Each line in the listing below that contains "number" should be returned.
== Segment start ==
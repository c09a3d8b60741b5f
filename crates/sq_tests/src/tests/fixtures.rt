// What the tests of several crates start from, read from the texts of a run.
ghost use Rattle.std.specs.Prelude.{◌≡◌, [], IfOk};

use sq_model::Step;
use sq_moves::{NodeId, Opening, Recon, SegId};
use sq_plan::{PartId, Plan};
use sq_schema::{Family, Root, Row, RowKey, Rows, Schema, Table, Txn};
use sq_store::Note;
use sq_text::{LineReader, read_header, read_step};
use std::alloc::Global;
use std::test::Fail;

// The lines of two plans, by which the root keys 4 to 7 go from partition 0 to partition 1.
const PLANS: &str = r#"old {"version":1,"partitions":2,"ranges":[[0,4294967296,0]]}
new {"version":1,"partitions":2,"ranges":[[0,4,0],[4,8,1],[8,4294967296,0]]}
"#;

/// A plan by which partition 0 of two has all root keys.
pub const ALL: &str = r#"{"version":1,"partitions":2,"ranges":[[0,4294967296,0]]}"#;

/// The plan by which the root keys 4 to 7 go from there to partition 1, in one segment.
pub const FOUR_KEYS: &str =
    r#"{"version":1,"partitions":2,"ranges":[[0,4,0],[4,8,1],[8,4294967296,0]]}"#;

/// A plan by which partition 0 of three has all root keys.
pub const ALL_OF_THREE: &str = r#"{"version":1,"partitions":3,"ranges":[[0,4294967296,0]]}"#;

/// What moves between the plans of these texts, with leaves of one root key.
pub fn between(alloc: Global, old: &str, new: &str) -> Result<Recon, Fail> {
    let old = Plan::read(alloc, old.as_bytes())?;
    let new = Plan::read(alloc, new.as_bytes())?;
    Ok(Recon::between(alloc, &old, &new, 1)?)
}

// The schema of 8 tables.
fn schema() -> Result<Schema, Fail> {
    Ok(Schema::new(8).ok_or("8 tables are a schema")?)
}

/// The transaction of a line.
pub fn transaction(alloc: Global, line: &str) -> Result<Txn, Fail> {
    match read_step(alloc, &schema()?, line.as_bytes())? {
        Step::Submit(_, txn) => Ok(txn),
        _ => Err("no transaction")?,
    }
}

/// The opening of a header: the lines of [`PLANS`], and then these.
pub fn opening(alloc: Global, lines: &str) -> Result<Opening, Fail> {
    let header = format!(in alloc; "{PLANS}{lines}")?;
    let mut lines = LineReader::new(alloc, header.as_bytes())?;
    Ok(read_header(alloc, schema()?, &mut lines)?)
}

/// The family of this root key, of 56 bytes: its root row has seven times the key.
pub fn family(alloc: Global, key: u32) -> Result<Family, Fail>
    ensures root { IfOk result (λ family. family.root ≡ key) }
    ensures log { IfOk result (λ family. family.log ≡ []) }
{
    let root = Root::new(u64::from(key)).ok_or("not a root key")?;
    let mut rows = Rows::new(alloc);
    rows.insert(RowKey::ROOT, Row::new(7 * i64::from(key), Vec::new(alloc)))?;
    Ok(Family::opened(alloc, root, rows))
}

/// Whether these families have the root keys.
pub fn have(families: &[Family], roots: &[u64]) -> bool {
    for (family, root) in families.iter().zip(roots) {
        if family.root().number() != *root {
            return false;
        }
    }
    families.len() == roots.len()
}

// The row of a table at a key, if there is one.
fn row_at(table: &Table, root: u64, key: RowKey) -> Option<&Row> {
    table.rows(Root::new(root)?)?.get(key)
}

/// Whether the table has this number and note at a key, or no row.
pub fn has(table: &Table, root: u64, key: RowKey, want: Option<(i64, &[u8])>) -> bool {
    match (row_at(table, root, key), want) {
        (None, None) => true,
        (Some(row), Some((number, note))) => row.number() == number && row.note() == note,
        _ => false,
    }
}

/// The note of the chunk of this number from partition 0 to partition 1, on the keys 4 to 7 of the first segment. More
/// chunks of it follow.
pub fn note(number: u64) -> Result<Note, Fail> {
    Ok(Note {
        src: PartId::new(0),
        dst: PartId::new(1),
        number,
        seg: SegId::new(0).ok_or("no segment")?,
        node: NodeId::WHOLE,
        lo: 4,
        hi: 8,
        last: false,
    })
}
== Segment end ==
**Answer to this problem**
        if family.root().number() != *root {
/// Whether the table has this number and note at a key, or no row.
        (Some(row), Some((number, note))) => row.number() == number && row.note() == note,
/// The note of the chunk of this number from partition 0 to partition 1, on the keys 4 to 7 of the first segment. More
pub fn note(number: u64) -> Result<Note, Fail> {
        number,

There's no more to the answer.